Two obvious things can go wrong here:
If two rectangles have overlapping y-ranges, you're in trouble: You'll find the first rectangle fine, then skip to the bottom Y-coordinate, ignoring all the pixels left or right of the rectangle you just found.
Even if there is only one rectangle, you assume that every pixel on the rectangle's border is different, and all the other pixels are identical. If that assumption isn't valid, you'll stop searching too early, and only find parts of rectangles.
If your images come from a scanner or digital camera, or if they contain lossy compression (jpeg) artifacts, the second assumption will almost certainly be wrong. To illustrate this, here's what I get when I mark every identical pixel the two jpg images you linked black, and every different pixel white:
What you see is not a rectangle. Instead, a lot of pixels around the rectangles you're looking for are different:
That's because of jpeg compression artifacts. But even if you used lossless source images, pixels at the borders might not form perfect rectangles, because of antialiasing or because the background just happens to have a similar color in that region.
You could try to improve your algorithm, but if you look at that border, you will find all kinds of ugly counterexamples to any geometric assumptions you'll make.
It would probably be better to implement this "the right way". Meaning:
Either implement a flood fill algorithm that erases different pixels (e.g. by setting them to identical or by storing a flag in a separate mask), then recursively checks if the 4 neighbor pixels.
Or implement a connected component labeling algorithm, that marks each different pixel with a temporary integer label, using clever data structures to keep track which temporary labels are connected.
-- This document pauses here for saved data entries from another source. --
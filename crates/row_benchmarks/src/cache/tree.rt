//! The tree of a keeper.
ghost use Rattle.std.specs.Prelude.{◌≤◌};

use crate::trees::{Growing, grow};
use dentry_cache::Keeper;
use directory_tree::Change;
use std::alloc::Global;
use tree_row::MOST_ENTRIES;

/// A tree that its keeper grows.
#[derive(Drop)]
struct Grown {
    keeper: Keeper,
}

impl Growing for Grown {
    fn change(&mut self, change: &Change<'_>) -> bool {
        self.keeper.apply(change).is_ok()
    }
}

/// The keeper of a tree that has room for `capacity` entries, and `entries` of them; none if memory runs out.
pub(crate) fn filled(alloc: Global, capacity: usize, entries: usize) -> Option<Keeper>
    requires { capacity ≤ MOST_ENTRIES }
{
    let keeper = Keeper::new(alloc, capacity).ok()?;
    let mut tree = Grown { keeper };
    if grow(&mut tree, entries) {
        Some(tree.keeper)
    } else {
        None
    }
}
If you're only interested in a bounding box, you don't even have to merge the temporary labels, just merge the bounding boxes of adjacent labeled areas.
Connected component labeling is in general a bit faster, but is a bit trickier to get right than flood fill.
One last advice: I would rethink your "no 3rd party libraries" policy if I were you. Even if your final product will contain no 3rd party libraries, development might by a lot faster if you used well-documented, well-tested, useful building blocks from a library, then replaced them one by one with your own code. (And who knows, you might even find an open source library with a suitable license that's so much faster than your own code that you'll stick with it in the end...)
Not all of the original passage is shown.